Saturday, 19 December 2020

Seasurge Penwith



This work is a three-dimensional visual composite of several locations on the Penwith coast where the tidal surges interact dynamically and dramatically with the hard, geological landscape.





At Gwennap Head, for example, the red and the black and white navigation markers, appear incongruous in the natural landscape and have a strange, other-worldly feel, rather like the surreal, geometric sculptural objects in some of the paintings of Paul Nash, or of Giorgio De Chirico. 




However, to describe these artefacts literally in a piece such as this would not be apposite, as the work is about extreme movement, colour and physical energy, so perhaps in the disorienting maelstrom of a coastal storm, the red cone becomes less distinct and more blurred.

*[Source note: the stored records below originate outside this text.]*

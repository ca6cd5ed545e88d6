//! The bytes of a database, and its sides.

ghost use Rattle.std.specs.Prelude.{IsTrue};
ghost use Rattle.ga_codec.specs.Shapes.{IsGeneration};
ghost use Rattle.ga_store.specs.Commit.{Agrees, MergesBy};
ghost use Rattle.ga_store.specs.Commits.{IsReady};
ghost use Rattle.ga_store.specs.Store.{db_value};

use ga_base::{Bytes, Counter, Entries, NoMemory};
use ga_codec::{
    CodecFault, Delta, Snapshot, read_delta, read_snapshot, write_delta, write_snapshot,
};
use ga_ports::Disk;
use ga_store::{Db, Mode, Prepared, StoreFault, commit, prepare, recover, recover_with};
use ga_summary::Summary;
use std::alloc::Global;
use std::thread::Threads;

/// The faults of bytes.
pub const CODEC_FAULTS: [CodecFault; 2] = [
    CodecFault::NotInGrammar { at: 0 },
    CodecFault::NoMemory,
];

/// The faults of a database.
pub const STORE_FAULTS: [StoreFault; 4] = [
    StoreFault::DiskFault,
    StoreFault::Damaged { side: 0, at: 1 },
    StoreFault::CounterFull {
        which: Counter::Lines,
        total: 0,
    },
    StoreFault::NoMemory,
];

/// How a run is kept.
pub const MODES: [Mode; 2] = [Mode::Append, Mode::Overwrite];

/// The snapshot of a generation, which keeps this many days.
pub fn snapshot(
    generation: u64,
    keep: Option<u32>,
    summary: Summary,
    entries: Entries,
) -> Snapshot {
    Snapshot {
        generation,
        keep,
        summary,
        entries,
    }
}

/// The record of a run.
pub fn delta(summary: Summary, entries: Entries) -> Delta {
    Delta { summary, entries }
}

/// The bytes of a snapshot.
pub fn snapshot_bytes(alloc: Global, snapshot: &Snapshot) -> Result<Bytes, NoMemory>
    requires { IsGeneration snapshot.now.generation }
{
    write_snapshot(alloc, snapshot)
}

/// The snapshot of bytes.
pub fn snapshot_in(alloc: Global, bytes: &[u8]) -> Result<Snapshot, CodecFault> {
    read_snapshot(alloc, bytes)
}

/// The bytes of a record.
pub fn delta_bytes(alloc: Global, delta: &Delta) -> Result<Bytes, NoMemory> {
    write_delta(alloc, delta)
}

/// The record of bytes.
pub fn delta_in(alloc: Global, bytes: &[u8]) -> Result<Delta, CodecFault> {
    read_delta(alloc, bytes)
}

/// The database of a disk.
pub fn database<D: Disk>(alloc: Global, disk: &mut D) -> Result<Db, StoreFault>
    requires { IsTrue (D.view disk.old).is_open }
{
    recover(alloc, disk)
}

/// The database of a disk, by two threads where there are more jobs than one.
pub fn database_by<R: Threads + Sync, D: Disk>(
    rt: &R,
    alloc: Global,
    disk: &mut D,
    jobs: u32,
) -> Result<Db, StoreFault>
    requires { IsTrue (D.view disk.old).is_open }
{
    recover_with(rt, alloc, disk, jobs)
}

/// The place of the next record of a database, of which each field is named.
pub fn slot_of(db: &Db) -> u64 {
    let Db {
        summary: _,
        entries: _,
        keep: _,
        generation: _,
        side: _,
        records: _,
        slot,
    } = db;
    *slot
}

/// Prepares a run.
pub fn work_of(
    alloc: Global,
    db: &Db,
    run: &Summary,
    merged: &Summary,
    entries: &Entries,
    keep: u32,
    mode: Mode,
) -> Result<Prepared, StoreFault>
    requires agrees { Agrees mode keep (db_value db.now) }
    requires merged { MergesBy mode keep db.now.summary run.now merged.now }
{
    prepare(alloc, db, run, merged, entries, keep, mode)
}

/// Commits what was prepared.
pub fn commit_work<D: Disk>(disk: &mut D, work: Prepared) -> Result<(), StoreFault>
    requires open { IsTrue (D.view disk.old).is_open }
    requires ready { IsReady work (D.view disk.old) (D.images disk.old) }
{
    commit(disk, work)
}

My painting from 2009, titled Wild Sea Rising, (in Gallery 1 of my web site) is concerned with the natural power and uncontrollable force of the ocean expressed in a painterly expressionistic manner, whilst in Seasurge Penwith the interaction between water, wind and coast is described using three dimensional materials.

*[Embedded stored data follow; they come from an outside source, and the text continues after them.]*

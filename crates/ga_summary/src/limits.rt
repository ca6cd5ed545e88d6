ghost use Rattle.std.specs.Prelude.{◌≡◌, ◌+◌, ◌<◌, ◌≤◌, ◌^◌, ◌↔◌, ℕ, Some, None, IfOk, IsErrOf};
ghost use Rattle.ga_base.specs.declared.counts.Counter.{Counter as TheCounter};
ghost use Rattle.ga_base.specs.Totals.{totals_plus, TotalsFit, LinesAdd};
ghost use Rattle.ga_summary.specs.Limits.{passes};

use crate::MergeFault;
use ga_base::{Counter, LIMIT, Totals};

/// The first of lines, bytes and micros that is above the limit, with its value.
fn first_exceeded(totals: Totals) -> Option<(Counter, u64)>
    ensures { result ≡ passes totals }
{
    if totals.lines > LIMIT {
        Some((Counter::Lines, totals.lines))
    } else if totals.bytes > LIMIT {
        Some((Counter::Bytes, totals.bytes))
    } else if totals.micros > LIMIT {
        Some((Counter::Micros, totals.micros))
    } else {
        None
    }
}

/// Adds totals, of which no counter may pass the limit.
pub(crate) fn add_totals(a: Totals, b: Totals) -> Result<Totals, MergeFault>
    requires fit { TotalsFit a }
    requires fit_more { TotalsFit b }
    requires lines { LinesAdd a }
    requires lines_more { LinesAdd b }
    ensures ok { IfOk result (λ t. t ≡ totals_plus a b) }
    ensures fit { IfOk result TotalsFit }
    ensures full { (which : TheCounter) (total : ℕ) → IsErrOf result (MergeFault.CounterFull which total) ↔ (passes (totals_plus a b) ≡ Some (which, total)) }
{
    let totals = a.plus(&b);
    match first_exceeded(totals) {
        Some((which, total)) => Err(MergeFault::CounterFull {
            which,
            total: u128::from(total),
        }),
        None => Ok(totals),
    }
}
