use ga_base::{Key, Names, Sums};

/// One key of a summary.
#[derive(Clone, Copy, Debug)]
pub struct RowView<'a> {
    /// The key.
    pub key: &'a Key,
    /// What is summed under it.
    pub sums: Sums,
    /// The names of its visitors, which rise.
    pub names: &'a Names,
}
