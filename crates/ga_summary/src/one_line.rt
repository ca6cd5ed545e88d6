ghost use Rattle.std.specs.Prelude.{◌≡◌, IfOk, map};
ghost use Rattle.std.specs.Option.{option_copied};
ghost use Rattle.ga_summary.specs.Steps.Entries.{AllClosed, rows_of};
ghost use Rattle.ga_summary.specs.OneLine.{names_of, line_row, record_totals, record_sums};

use crate::entry::Entry;
use ga_base::{Key, Name, Names, NoMemory, Record, Sums, Totals, Visitor};
use std::alloc::Global;

/// The totals of a counted record.
pub(crate) fn totals_of_record(rec: &Record) -> Totals
    ensures { result ≡ record_totals rec.now }
{
    Totals {
        lines: 1,
        hits: 1,
        bytes: rec.bytes,
        micros: rec.micros.unwrap_or(0),
        ..Totals::ZERO
    }
}

/// The sums of a counted record.
pub(crate) fn sums_of_record(rec: &Record) -> Sums
    ensures { result ≡ record_sums rec.now }
{
    let micros = rec.micros.unwrap_or(0);
    Sums {
        hits: 1,
        bytes: rec.bytes,
        micros,
        max_micros: micros,
    }
}

/// The names of a visitor or none.
fn visitor_names(alloc: Global, visitor: Option<&Visitor>) -> Result<Names, NoMemory>
    ensures { IfOk result (λ names. names ≡ names_of (option_copied visitor.entry)) }
{
    let mut names = Names::new(alloc);
    if let Some(visitor) = visitor {
        names.push(Name {
            host: visitor.host.clone()?,
            agent: visitor.agent.clone()?,
        })?;
    }
    Ok(names)
}

/// An entry for each of the keys.
pub(crate) fn line_entries(
    alloc: Global,
    keys: &[Key],
    visitor: Option<&Visitor>,
    sums: Sums,
) -> Result<Vec<Box<Entry>>, NoMemory>
    ensures rows { IfOk result (λ v. rows_of v.items ≡ map (line_row sums (option_copied visitor.entry)) keys.now) }
    ensures closed { IfOk result (λ v. AllClosed v.items) }
{
    let mut entries = Vec::with_capacity(alloc, keys.len())?;
    for key in keys {
        let names = visitor_names(alloc, visitor)?;
        let entry = Entry::of(alloc, key.clone()?, sums, names);
        entries.push(Box::new(alloc, entry)?)?;
    }
    Ok(entries)
}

Wild Sea Rising by George Taylor


In his work, the late Cornish born painter Peter Lanyon, often depicts a complex version of landscape from multiple angles, rather than from the conventional single ‘window’ viewpoint, thus the image becomes an all-encompassing expression of experience, albeit in two dimensions. Lanyon also made three dimensional constructions in order to translate into visual terms complex phenomenological interaction.